Stay of proceedings.

 

[22] The next issue is to determine whether or not there should be a stay of the Court proceedings. The process is stated to be optional as far as the Notice of Dispute is concerned but that is a pre-condition of mandatory adjudication as clause 12, which is the governing clause, provides that any dispute or difference ‘shall’ be referred to adjudication.

 

[23] The burden falls on the plaintiffs who have resorted to legal proceedings to establish that there should not be a stay for the dispute to proceed under the adjudication agreement.
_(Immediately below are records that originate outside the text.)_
//! Laws of rounds of workers.

ghost use Rattle.std.specs.Prelude.{◌≡◌, ℕ, ◌<◌, ◌^◌, true, List, All, length, Ok};
ghost use Rattle.shared_book.specs.declared.call.Call.TheVariants.{Freeze};
ghost use Rattle.shared_book.specs.History.{HasFrozen, Known, Shared};
ghost use Rattle.place_laws.specs.Choosing.{Around, HasEach};
ghost use Rattle.presolve_model.specs.Ledger.{Ledger, Stands};
ghost use Rattle.presolve_model.specs.Tallies.{open_on};
ghost use Rattle.presolve_model.specs.Worlds.{Version};
ghost use Rattle.round_marks.specs.Marking.{Watched};
ghost use Rattle.round_tasks.specs.Cutting.{AreTasksOf, TaskList};
ghost use Rattle.book_turns.specs.Turns.{IsCalled, Turn};
ghost use Rattle.worker_rounds.specs.Marking.{AreAllLeft, IsLater, LeavesFound};
ghost use Rattle.worker_rounds.specs.Workers.{HasFound, IsDone, WorkerData};

/// Where all tasks of a round are done, and no chunk was left out, all that was enabled and open on its version was found; so where a part of
/// each that workers found is marked, one of each is.
pub fn rounds_mark_all()
    ensures { (v : Version) (n : Around) (t : TaskList) (ws : List WorkerData) (w u : Watched) → HasEach (open_on v.tally) v.problem n → AreTasksOf v n t → t.whole ≡ true → ((i : ℕ) → i < length t.tasks → IsDone ws i) → All (λ x. HasFound v t.tasks x.1) ws → LeavesFound ws w u → AreAllLeft v u.marks }
{}

/// Of two freezes of a pass the later one gives a version of the book that later calls left.
pub fn freezes_in_turn()
    ensures { (s : Shared Ledger) (p q : Known Ledger Turn) (v w : Version) → Stands s.start → s.start.limit < 2 ^ 64 → HasFrozen p v → IsCalled s p (Freeze (Ok w)) q → IsLater v w }
{}
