//! Why a text gives no point.

ghost use Rattle.std.specs.Prelude.{◌≡◌, ◌≤◌};
ghost use Rattle.point_text.specs.Faults.{number_of_kind};
ghost use Rattle.point_text.specs.declared.faults.SolError.TheVariants.{NoMemory};

use std::alloc::AllocError;
use text_lines::Fault;

/// What is wrong with a line of a solution, by ascending number: S1 to S5.
#[derive(Clone, Copy, Debug, PartialEq, Eq)]
pub enum SolFaultKind {
    /// S1: the line has not two fields.
    BadLine,
    /// S2: no column has the name.
    UnknownName,
    /// S3: a line before it has the name.
    TwiceNamed,
    /// S4: a number that is past the range.
    NumberPast,
    /// S5: not a number.
    BadNumber,
}

impl SolFaultKind {
    /// The number behind the S, from 1 to 5.
    pub fn number(&self) -> u8
        ensures number { result ≡ number_of_kind self.now }
        ensures least { 1 ≤ result }
        ensures most { result ≤ 5 }
    {
        match self {
            SolFaultKind::BadLine => 1,
            SolFaultKind::UnknownName => 2,
            SolFaultKind::TwiceNamed => 3,
            SolFaultKind::NumberPast => 4,
            SolFaultKind::BadNumber => 5,
        }
    }
}

/// Why a text gives no point.
#[derive(Clone, Copy, Debug, PartialEq, Eq)]
pub enum SolError {
    /// The first fault by line, and at one line the one with the lowest number.
    Fault(Fault<SolFaultKind>),
    /// Want of memory.
    NoMemory,
}

impl From<AllocError> for SolError {
    ghost from_gives = { λ _ e. e ≡ NoMemory };

    fn from(_e: AllocError) -> SolError {
        SolError::NoMemory
    }
}
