//! What rounds make of a book: a pass over instances in order, each looked at on the present problem, is a round of commits. The functions
//! here do nothing when they run: each states laws of the definitions in `presolve_model`, and its check proves them.
#![tactic(auto)]

pub mod passes;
In DGT Steel the Court ordered a stay on two grounds. The first ground was failure to comply with the TCC pre-action protocol which requires face-to-face without prejudice meetings between the parties. Even if there had been no adjudication agreement the Judge would have ordered a stay of the proceedings pending compliance with the pre-action protocol. The second ground was the suitability of the alternative tribunal. The dispute concerned a final account in a construction dispute and a construction professional, in particular an experienced quantity surveyor, was considered a better tribunal for such a dispute, at least in the first instance, than a Judge.

 

[24] Neither of the above considerations arises in the present case. However the plaintiffs have listed a number of matters on which they rely to avoid a stay of these proceedings. There are two particular factors to which I draw attention. The first is that if the plaintiffs’ submission in respect of the pre-financial close fees is correct then this element of the claim is not subject to the consultancy agreement and cannot be stayed. Parallel adjudication and litigation would therefore arise and would merely serve to increase costs resulting in wasted time and be contrary to the interests of justice. The issue as to the whether or not the consultancy agreement covers both parts of the fees was originally to be a preliminary issue in these proceedings but did not proceed. At the moment it is an issue that has not been decided and therefore the possible outcome is that there would be a split between two different tribunals deciding the fees due at the two different stages.

 

[25] The second matter is that the plaintiffs claim for fees has been outstanding for a very considerable time. The claim was summarised in a letter on 8 June 2010 and was disputed at that time by the defendant but no reference was made to adjudication. The Writ of Summons was issued in May 2011 and the defendant has not invoked the dispute resolution procedure either in respect of the plaintiffs’ claim for fees or its own claim for damages. The absence of any attempt to refer to adjudication during the period since the claim arose is a ground on which the matter should not be stayed.

 

[26] On the two grounds referred to above I am persuaded that there should not be a stay for adjudication. I refuse the application.